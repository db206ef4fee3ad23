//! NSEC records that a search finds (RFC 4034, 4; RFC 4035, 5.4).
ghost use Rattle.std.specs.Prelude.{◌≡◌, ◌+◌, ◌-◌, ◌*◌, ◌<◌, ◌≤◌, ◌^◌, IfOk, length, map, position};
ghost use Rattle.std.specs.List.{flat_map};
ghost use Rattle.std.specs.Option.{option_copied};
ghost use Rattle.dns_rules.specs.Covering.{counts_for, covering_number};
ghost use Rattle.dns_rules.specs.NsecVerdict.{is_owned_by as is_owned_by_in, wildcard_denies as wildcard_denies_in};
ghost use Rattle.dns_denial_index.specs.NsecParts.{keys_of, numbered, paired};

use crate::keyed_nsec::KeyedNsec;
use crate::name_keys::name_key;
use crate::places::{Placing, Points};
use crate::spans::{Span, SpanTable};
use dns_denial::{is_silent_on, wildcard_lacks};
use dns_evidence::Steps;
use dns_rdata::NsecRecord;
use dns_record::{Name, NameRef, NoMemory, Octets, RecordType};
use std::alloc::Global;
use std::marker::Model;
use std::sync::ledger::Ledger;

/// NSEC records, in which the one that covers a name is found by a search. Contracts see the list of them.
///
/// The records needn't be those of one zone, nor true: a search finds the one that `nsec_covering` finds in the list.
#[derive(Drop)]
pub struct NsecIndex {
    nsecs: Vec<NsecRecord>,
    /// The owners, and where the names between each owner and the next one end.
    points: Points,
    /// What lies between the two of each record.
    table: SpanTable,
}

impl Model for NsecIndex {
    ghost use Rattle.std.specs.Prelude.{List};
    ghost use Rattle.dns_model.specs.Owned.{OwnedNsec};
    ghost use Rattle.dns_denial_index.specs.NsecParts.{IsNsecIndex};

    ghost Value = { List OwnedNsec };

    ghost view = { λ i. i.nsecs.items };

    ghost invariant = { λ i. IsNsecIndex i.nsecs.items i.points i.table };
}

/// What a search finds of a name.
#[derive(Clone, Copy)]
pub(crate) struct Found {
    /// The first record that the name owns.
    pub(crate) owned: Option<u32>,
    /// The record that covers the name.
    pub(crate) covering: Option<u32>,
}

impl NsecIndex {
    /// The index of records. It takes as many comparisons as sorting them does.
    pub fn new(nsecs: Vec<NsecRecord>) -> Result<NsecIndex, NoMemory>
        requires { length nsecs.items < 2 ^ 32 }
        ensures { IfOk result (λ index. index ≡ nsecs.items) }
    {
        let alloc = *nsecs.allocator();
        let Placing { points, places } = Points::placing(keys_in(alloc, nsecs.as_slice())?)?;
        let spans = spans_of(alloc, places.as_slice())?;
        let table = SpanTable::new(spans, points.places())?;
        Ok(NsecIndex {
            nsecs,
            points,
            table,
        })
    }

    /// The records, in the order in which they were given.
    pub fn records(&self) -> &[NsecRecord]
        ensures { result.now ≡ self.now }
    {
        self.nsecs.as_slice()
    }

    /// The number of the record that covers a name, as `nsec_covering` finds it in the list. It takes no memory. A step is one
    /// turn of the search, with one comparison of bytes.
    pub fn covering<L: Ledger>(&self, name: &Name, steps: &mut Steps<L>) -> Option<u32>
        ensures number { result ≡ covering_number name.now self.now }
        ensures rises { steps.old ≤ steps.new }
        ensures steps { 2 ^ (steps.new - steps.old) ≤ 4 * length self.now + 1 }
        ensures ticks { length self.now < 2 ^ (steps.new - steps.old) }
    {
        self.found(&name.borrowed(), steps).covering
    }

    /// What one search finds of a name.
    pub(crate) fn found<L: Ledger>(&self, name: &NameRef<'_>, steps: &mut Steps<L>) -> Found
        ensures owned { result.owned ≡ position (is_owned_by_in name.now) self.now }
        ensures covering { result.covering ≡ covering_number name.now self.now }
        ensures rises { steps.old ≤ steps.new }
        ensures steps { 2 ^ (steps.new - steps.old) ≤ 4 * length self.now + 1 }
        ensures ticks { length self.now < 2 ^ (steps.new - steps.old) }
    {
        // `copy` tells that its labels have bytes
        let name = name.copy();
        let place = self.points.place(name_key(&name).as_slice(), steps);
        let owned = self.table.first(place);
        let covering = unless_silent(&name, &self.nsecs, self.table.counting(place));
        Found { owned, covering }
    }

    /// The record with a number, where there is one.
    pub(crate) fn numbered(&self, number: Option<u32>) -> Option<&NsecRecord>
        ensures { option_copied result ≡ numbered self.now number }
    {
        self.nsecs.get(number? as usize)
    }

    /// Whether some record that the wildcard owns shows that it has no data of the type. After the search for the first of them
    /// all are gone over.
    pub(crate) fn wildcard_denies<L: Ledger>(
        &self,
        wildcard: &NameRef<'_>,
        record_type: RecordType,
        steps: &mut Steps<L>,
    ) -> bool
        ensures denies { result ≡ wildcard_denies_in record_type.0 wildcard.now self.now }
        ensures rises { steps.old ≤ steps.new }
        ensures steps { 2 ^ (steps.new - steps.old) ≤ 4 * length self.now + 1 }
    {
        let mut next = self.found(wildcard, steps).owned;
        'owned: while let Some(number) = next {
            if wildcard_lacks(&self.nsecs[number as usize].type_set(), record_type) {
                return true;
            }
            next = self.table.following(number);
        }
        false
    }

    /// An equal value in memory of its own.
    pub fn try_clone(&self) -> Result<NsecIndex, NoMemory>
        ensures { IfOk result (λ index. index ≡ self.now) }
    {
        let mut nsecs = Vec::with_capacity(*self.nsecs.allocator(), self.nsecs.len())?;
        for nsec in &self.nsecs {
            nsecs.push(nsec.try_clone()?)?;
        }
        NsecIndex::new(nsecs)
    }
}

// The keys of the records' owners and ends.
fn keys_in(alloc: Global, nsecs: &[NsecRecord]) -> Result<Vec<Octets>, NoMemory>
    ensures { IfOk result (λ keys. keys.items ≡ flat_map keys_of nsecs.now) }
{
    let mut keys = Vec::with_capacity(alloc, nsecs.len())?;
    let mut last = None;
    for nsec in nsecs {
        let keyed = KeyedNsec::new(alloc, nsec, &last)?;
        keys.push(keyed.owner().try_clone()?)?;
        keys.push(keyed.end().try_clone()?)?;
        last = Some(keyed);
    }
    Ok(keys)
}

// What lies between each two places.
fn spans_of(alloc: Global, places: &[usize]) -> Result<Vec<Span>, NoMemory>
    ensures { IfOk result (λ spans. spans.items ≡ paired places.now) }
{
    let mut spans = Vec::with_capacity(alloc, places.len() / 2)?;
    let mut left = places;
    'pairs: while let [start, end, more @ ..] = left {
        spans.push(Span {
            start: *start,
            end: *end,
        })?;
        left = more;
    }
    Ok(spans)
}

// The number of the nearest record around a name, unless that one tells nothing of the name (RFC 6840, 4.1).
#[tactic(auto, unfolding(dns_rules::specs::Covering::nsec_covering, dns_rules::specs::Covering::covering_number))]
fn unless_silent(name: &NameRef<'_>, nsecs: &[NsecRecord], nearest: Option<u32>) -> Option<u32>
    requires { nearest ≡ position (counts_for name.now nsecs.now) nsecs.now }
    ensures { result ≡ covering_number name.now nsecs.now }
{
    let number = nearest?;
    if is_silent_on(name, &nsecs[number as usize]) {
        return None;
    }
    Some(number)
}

• **What you will do**:
An exact copy of all the records is what is needed here.

• **Result of the exercise**:
repository db206ef4fee3ad23
//! NSEC records that a search finds (RFC 4034, 4; RFC 4035, 5.4).
ghost use Rattle.std.specs.Prelude.{◌≡◌, ◌+◌, ◌-◌, ◌*◌, ◌<◌, ◌≤◌, ◌^◌, IfOk, length, map, position};
ghost use Rattle.std.specs.List.{flat_map};
ghost use Rattle.std.specs.Option.{option_copied};
ghost use Rattle.dns_rules.specs.Covering.{counts_for, covering_number};
ghost use Rattle.dns_rules.specs.NsecVerdict.{is_owned_by as is_owned_by_in, wildcard_denies as wildcard_denies_in};
ghost use Rattle.dns_denial_index.specs.NsecParts.{keys_of, numbered, paired};

use crate::keyed_nsec::KeyedNsec;
use crate::name_keys::name_key;
use crate::places::{Placing, Points};
use crate::spans::{Span, SpanTable};
use dns_denial::{is_silent_on, wildcard_lacks};
use dns_evidence::Steps;
use dns_rdata::NsecRecord;
use dns_record::{Name, NameRef, NoMemory, Octets, RecordType};
use std::alloc::Global;
use std::marker::Model;
use std::sync::ledger::Ledger;

/// NSEC records, in which the one that covers a name is found by a search. Contracts see the list of them.
///
/// The records needn't be those of one zone, nor true: a search finds the one that `nsec_covering` finds in the list.
#[derive(Drop)]
pub struct NsecIndex {
    nsecs: Vec<NsecRecord>,
    /// The owners, and where the names between each owner and the next one end.
    points: Points,
    /// What lies between the two of each record.
    table: SpanTable,
}

impl Model for NsecIndex {
    ghost use Rattle.std.specs.Prelude.{List};
    ghost use Rattle.dns_model.specs.Owned.{OwnedNsec};
    ghost use Rattle.dns_denial_index.specs.NsecParts.{IsNsecIndex};

    ghost Value = { List OwnedNsec };

    ghost view = { λ i. i.nsecs.items };

    ghost invariant = { λ i. IsNsecIndex i.nsecs.items i.points i.table };
}

/// What a search finds of a name.
#[derive(Clone, Copy)]
pub(crate) struct Found {
    /// The first record that the name owns.
    pub(crate) owned: Option<u32>,
    /// The record that covers the name.
    pub(crate) covering: Option<u32>,
}

impl NsecIndex {
    /// The index of records. It takes as many comparisons as sorting them does.
    pub fn new(nsecs: Vec<NsecRecord>) -> Result<NsecIndex, NoMemory>
        requires { length nsecs.items < 2 ^ 32 }
        ensures { IfOk result (λ index. index ≡ nsecs.items) }
    {
        let alloc = *nsecs.allocator();
        let Placing { points, places } = Points::placing(keys_in(alloc, nsecs.as_slice())?)?;
        let spans = spans_of(alloc, places.as_slice())?;
        let table = SpanTable::new(spans, points.places())?;
        Ok(NsecIndex {
            nsecs,
            points,
            table,
        })
    }

    /// The records, in the order in which they were given.
    pub fn records(&self) -> &[NsecRecord]
        ensures { result.now ≡ self.now }
    {
        self.nsecs.as_slice()
    }

    /// The number of the record that covers a name, as `nsec_covering` finds it in the list. It takes no memory. A step is one
    /// turn of the search, with one comparison of bytes.
    pub fn covering<L: Ledger>(&self, name: &Name, steps: &mut Steps<L>) -> Option<u32>
        ensures number { result ≡ covering_number name.now self.now }
        ensures rises { steps.old ≤ steps.new }
        ensures steps { 2 ^ (steps.new - steps.old) ≤ 4 * length self.now + 1 }
        ensures ticks { length self.now < 2 ^ (steps.new - steps.old) }
    {
        self.found(&name.borrowed(), steps).covering
    }

    /// What one search finds of a name.
    pub(crate) fn found<L: Ledger>(&self, name: &NameRef<'_>, steps: &mut Steps<L>) -> Found
        ensures owned { result.owned ≡ position (is_owned_by_in name.now) self.now }
        ensures covering { result.covering ≡ covering_number name.now self.now }
        ensures rises { steps.old ≤ steps.new }
        ensures steps { 2 ^ (steps.new - steps.old) ≤ 4 * length self.now + 1 }
        ensures ticks { length self.now < 2 ^ (steps.new - steps.old) }
    {
        // `copy` tells that its labels have bytes
        let name = name.copy();
        let place = self.points.place(name_key(&name).as_slice(), steps);
        let owned = self.table.first(place);
        let covering = unless_silent(&name, &self.nsecs, self.table.counting(place));
        Found { owned, covering }
    }

    /// The record with a number, where there is one.
    pub(crate) fn numbered(&self, number: Option<u32>) -> Option<&NsecRecord>
        ensures { option_copied result ≡ numbered self.now number }
    {
        self.nsecs.get(number? as usize)
    }

    /// Whether some record that the wildcard owns shows that it has no data of the type. After the search for the first of them
    /// all are gone over.
    pub(crate) fn wildcard_denies<L: Ledger>(
        &self,
        wildcard: &NameRef<'_>,
        record_type: RecordType,
        steps: &mut Steps<L>,
    ) -> bool
        ensures denies { result ≡ wildcard_denies_in record_type.0 wildcard.now self.now }
        ensures rises { steps.old ≤ steps.new }
        ensures steps { 2 ^ (steps.new - steps.old) ≤ 4 * length self.now + 1 }
    {
        let mut next = self.found(wildcard, steps).owned;
        'owned: while let Some(number) = next {
            if wildcard_lacks(&self.nsecs[number as usize].type_set(), record_type) {
                return true;
            }
            next = self.table.following(number);
        }
        false
    }

    /// An equal value in memory of its own.
    pub fn try_clone(&self) -> Result<NsecIndex, NoMemory>
        ensures { IfOk result (λ index. index ≡ self.now) }
    {
        let mut nsecs = Vec::with_capacity(*self.nsecs.allocator(), self.nsecs.len())?;
        for nsec in &self.nsecs {
            nsecs.push(nsec.try_clone()?)?;
        }
        NsecIndex::new(nsecs)
    }
}

// The keys of the records' owners and ends.
fn keys_in(alloc: Global, nsecs: &[NsecRecord]) -> Result<Vec<Octets>, NoMemory>
    ensures { IfOk result (λ keys. keys.items ≡ flat_map keys_of nsecs.now) }
{
    let mut keys = Vec::with_capacity(alloc, nsecs.len())?;
    let mut last = None;
    for nsec in nsecs {
        let keyed = KeyedNsec::new(alloc, nsec, &last)?;
        keys.push(keyed.owner().try_clone()?)?;
        keys.push(keyed.end().try_clone()?)?;
        last = Some(keyed);
    }
    Ok(keys)
}

// What lies between each two places.
fn spans_of(alloc: Global, places: &[usize]) -> Result<Vec<Span>, NoMemory>
    ensures { IfOk result (λ spans. spans.items ≡ paired places.now) }
{
    let mut spans = Vec::with_capacity(alloc, places.len() / 2)?;
    let mut left = places;
    'pairs: while let [start, end, more @ ..] = left {
        spans.push(Span {
            start: *start,
            end: *end,
        })?;
        left = more;
    }
    Ok(spans)
}

// The number of the nearest record around a name, unless that one tells nothing of the name (RFC 6840, 4.1).
#[tactic(auto, unfolding(dns_rules::specs::Covering::nsec_covering, dns_rules::specs::Covering::covering_number))]
fn unless_silent(name: &NameRef<'_>, nsecs: &[NsecRecord], nearest: Option<u32>) -> Option<u32>
    requires { nearest ≡ position (counts_for name.now nsecs.now) nsecs.now }
    ensures { result ≡ covering_number name.now nsecs.now }
{
    let number = nearest?;
    if is_silent_on(name, &nsecs[number as usize]) {
        return None;
    }
    Some(number)
}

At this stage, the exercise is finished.